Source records
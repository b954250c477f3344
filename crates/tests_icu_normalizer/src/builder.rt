//! Canonical tables that are built of classes and mappings.

use icu_normalizer_core::builder::{CanonicalDataBuildError, CanonicalDataBuilder};
use icu_normalizer_core::canonical::{CanonicalBorrowed, CanonicalData, CanonicalTables};
use icu_normalizer_core::compatibility::{CompatibilityBorrowed, CompatibilityData};
use samples_icu_normalizer::tables::{PAIRS, STEPS, tables};
use std::alloc::{AllocError, Global};

/// A builder that was given the classes and mappings of the worked rows, the last first.
fn given(alloc: Global) -> Result<CanonicalDataBuilder, AllocError> {
    let mut builder = CanonicalDataBuilder::new(alloc);
    builder.map('ạ', 'a', Some('\u{323}'), true)?;
    builder.map('á', 'a', Some('\u{301}'), true)?;
    builder.class('\u{323}', 220)?;
    builder.class('\u{302}', 230)?;
    Ok(builder)
}

/// Whether a character has this class.
fn has_class(canonical: CanonicalBorrowed<'_>, c: char, class: u8) -> bool {
    canonical.class(c) == class
}

/// Whether two characters compose to this.
fn composes(
    canonical: CanonicalBorrowed<'_>,
    first: char,
    second: char,
    composed: Option<char>,
) -> bool {
    canonical.compose(first, second) == composed
}

/// Whether two characters are left of a character.
fn leaves(canonical: CanonicalBorrowed<'_>, c: char, first: char, second: char) -> bool {
    let mut list = canonical.full_list(c);
    list.next() == Some(first) && list.next() == Some(second) && list.next().is_none()
}

/// Whether data say what was given, and what is built in.
fn say_what_was_given(canonical: CanonicalBorrowed<'_>) -> bool {
    has_class(canonical, '\u{323}', 220)
        && has_class(canonical, '\u{344}', 230)
        && composes(canonical, 'a', '\u{323}', Some('ạ'))
        && composes(canonical, '\u{308}', '\u{301}', None)
        && leaves(canonical, 'á', 'a', '\u{301}')
        && leaves(canonical, '\u{344}', '\u{308}', '\u{301}')
}

/// Whether tables are accepted as data that say so.
fn are_of_what_was_given(alloc: Global, tables: CanonicalTables<'_>) -> bool {
    match CanonicalData::try_new(alloc, tables) {
        Ok(checked) => say_what_was_given(checked.as_borrowed()),
        Err(_) => false,
    }
}

/// Whether the tables of the worked rows are.
fn rows_are_accepted(alloc: Global) -> bool {
    match tables(alloc, &[], &STEPS, &PAIRS) {
        Some(tables) => are_of_what_was_given(alloc, tables),
        None => false,
    }
}

#[test]
fn ok_try_new(rt: HostRuntime) {
    assert!(rt; rows_are_accepted(rt.alloc()));
}

/// Whether the tables that are built of what was given are.
fn built_are_accepted(alloc: Global, builder: &CanonicalDataBuilder) -> bool {
    match builder.build() {
        Ok(tables) => are_of_what_was_given(alloc, tables),
        Err(_) => false,
    }
}

/// Whether a builder builds such tables.
fn builds_tables(alloc: Global) -> bool {
    match given(alloc) {
        Ok(builder) => built_are_accepted(alloc, &builder),
        Err(_) => false,
    }
}

#[test]
fn ok_build(rt: HostRuntime) {
    assert!(rt; builds_tables(rt.alloc()));
}

/// Whether data that are built of what was given say so.
fn is_built_data(builder: &CanonicalDataBuilder) -> bool {
    match builder.build_data() {
        Ok(checked) => say_what_was_given(checked.as_borrowed()),
        Err(_) => false,
    }
}

/// Whether a builder builds such data.
fn builds_data(alloc: Global) -> bool {
    match given(alloc) {
        Ok(builder) => is_built_data(&builder),
        Err(_) => false,
    }
}

#[test]
fn ok_build_data(rt: HostRuntime) {
    assert!(rt; builds_data(rt.alloc()));
}

/// Whether the class that is given to U+0323 is in what is built.
fn class_is_built(builder: &CanonicalDataBuilder, class: u8) -> bool {
    match builder.build_data() {
        Ok(checked) => has_class(checked.as_borrowed(), '\u{323}', class),
        Err(_) => false,
    }
}

/// The same of a new builder.
fn class_comes_back(alloc: Global, class: u8) -> bool {
    let mut builder = CanonicalDataBuilder::new(alloc);
    builder.class('\u{323}', class).is_ok() && class_is_built(&builder, class)
}

#[test]
fn ok_class(rt: HostRuntime) {
    assert!(rt; class_comes_back(rt.alloc(), 220));
}

/// Whether U+0061 and U+0323 compose to this in what is built.
fn pair_is_built(builder: &CanonicalDataBuilder, composed: char) -> bool {
    match builder.build_data() {
        Ok(checked) => composes(checked.as_borrowed(), 'a', '\u{323}', Some(composed)),
        Err(_) => false,
    }
}

/// The same where that character is mapped to them in a new builder.
fn pair_comes_back(alloc: Global, composed: char) -> bool {
    let mut builder = CanonicalDataBuilder::new(alloc);
    builder.map(composed, 'a', Some('\u{323}'), true).is_ok() && pair_is_built(&builder, composed)
}

#[test]
fn ok_map(rt: HostRuntime) {
    assert!(rt; pair_comes_back(rt.alloc(), 'ạ'));
}

/// Why nothing is built where a character is mapped to another besides.
fn refusal(alloc: Global, character: char, target: char) -> Option<CanonicalDataBuildError> {
    let mut builder = given(alloc).ok()?;
    builder.map(character, target, None, false).ok()?;
    builder.build().err()
}

/// A loop, a mapping on a mark, one to a jamo, and one below U+00C0.
const REFUSED: [(char, char); 4] = [('b', 'b'), ('\u{323}', 'b'), ('ß', '\u{1100}'), ('b', 'c')];

#[test]
fn maps_that_break_rules(rt: HostRuntime) {
    for (character, target) in REFUSED {
        let refused = refusal(rt.alloc(), character, target);
        assert!(rt; refused == Some(CanonicalDataBuildError::Rules));
    }
}

/// A builder that was given some canonical mappings, and compatibility mappings of Unicode's data.
fn given_both(alloc: Global) -> Result<CanonicalDataBuilder, AllocError> {
    let mut builder = given(alloc)?;
    builder.kmap('ﬅ', 'ſ', &['t'])?;
    builder.kmap('ﬃ', 'f', &['f', 'i'])?;
    builder.kmap('ſ', 's', &[])?;
    builder.kmap('ẚ', 'á', &['ạ'])?;
    Ok(builder)
}

/// Whether full lists are what steps of both kinds leave.
fn say_both(data: CompatibilityBorrowed<'_>) -> bool {
    data.full_list('ﬅ').eq(['s', 't'])
        && data.full_list('ﬃ').eq(['f', 'f', 'i'])
        && data.full_list('ẚ').eq(['a', '\u{301}', 'a', '\u{323}'])
        && data.full_list('ạ').eq(['a', '\u{323}'])
        && data.full_list('\u{ff9e}').eq(['\u{3099}'])
        && data.class('\u{323}') == 220
}

/// Whether the data of a builder's canonical and compatibility tables say what it was given.
fn says_both(alloc: Global, builder: &CanonicalDataBuilder) -> Option<bool> {
    let canonical = builder.build_data().ok()?;
    let nfkd = builder.build_nfkd().ok()?;
    let data = CompatibilityData::try_new(alloc, canonical, nfkd).ok()?;
    Some(say_both(data.as_borrowed()))
}

/// Whether those of the builder that was given both do.
fn built_says_both(alloc: Global) -> bool {
    match given_both(alloc) {
        Ok(builder) => says_both(alloc, &builder) == Some(true),
        Err(_) => false,
    }
}

#[test]
fn ok_build_nfkd(rt: HostRuntime) {
    assert!(rt; built_says_both(rt.alloc()));
}

/// Whether a builder takes a compatibility mapping of a character that has no other, and builds tables of it.
fn takes_mapping(alloc: Global) -> bool {
    let mut builder = CanonicalDataBuilder::new(alloc);
    builder.kmap('ﬁ', 'f', &['i']).is_ok() && builder.build_nfkd().is_ok()
}

#[test]
fn ok_kmap(rt: HostRuntime) {
    assert!(rt; takes_mapping(rt.alloc()));
}

/// Why no compatibility tables are built where a character is mapped besides.
fn compatibility_refusal(
    alloc: Global,
    character: char,
    target: char,
) -> Option<CanonicalDataBuildError> {
    let mut builder = given_both(alloc).ok()?;
    builder.kmap(character, target, &[]).ok()?;
    builder.build_nfkd().err()
}

/// A loop with a mapping that is given, a mapping on a mark, and one below U+00A0.
const COMPATIBILITIES_REFUSED: [(char, char); 3] = [('s', 'ﬅ'), ('\u{323}', 'b'), ('b', 'c')];

#[test]
fn compatibility_mappings_that_break_rules(rt: HostRuntime) {
    for (character, target) in COMPATIBILITIES_REFUSED {
        let refused = compatibility_refusal(rt.alloc(), character, target);
        assert!(rt; refused == Some(CanonicalDataBuildError::Rules));
    }
}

## Task details
Keep only the lines from the line with "let mut builder = given_both(alloc).ok()?;" to the end of the records above, and repeat them exactly.

## Exercise answer
    let mut builder = given_both(alloc).ok()?;
    builder.kmap(character, target, &[]).ok()?;
    builder.build_nfkd().err()
}

/// A loop with a mapping that is given, a mapping on a mark, and one below U+00A0.
const COMPATIBILITIES_REFUSED: [(char, char); 3] = [('s', 'ﬅ'), ('\u{323}', 'b'), ('b', 'c')];

#[test]
fn compatibility_mappings_that_break_rules(rt: HostRuntime) {
    for (character, target) in COMPATIBILITIES_REFUSED {
        let refused = compatibility_refusal(rt.alloc(), character, target);
        assert!(rt; refused == Some(CanonicalDataBuildError::Rules));
    }
}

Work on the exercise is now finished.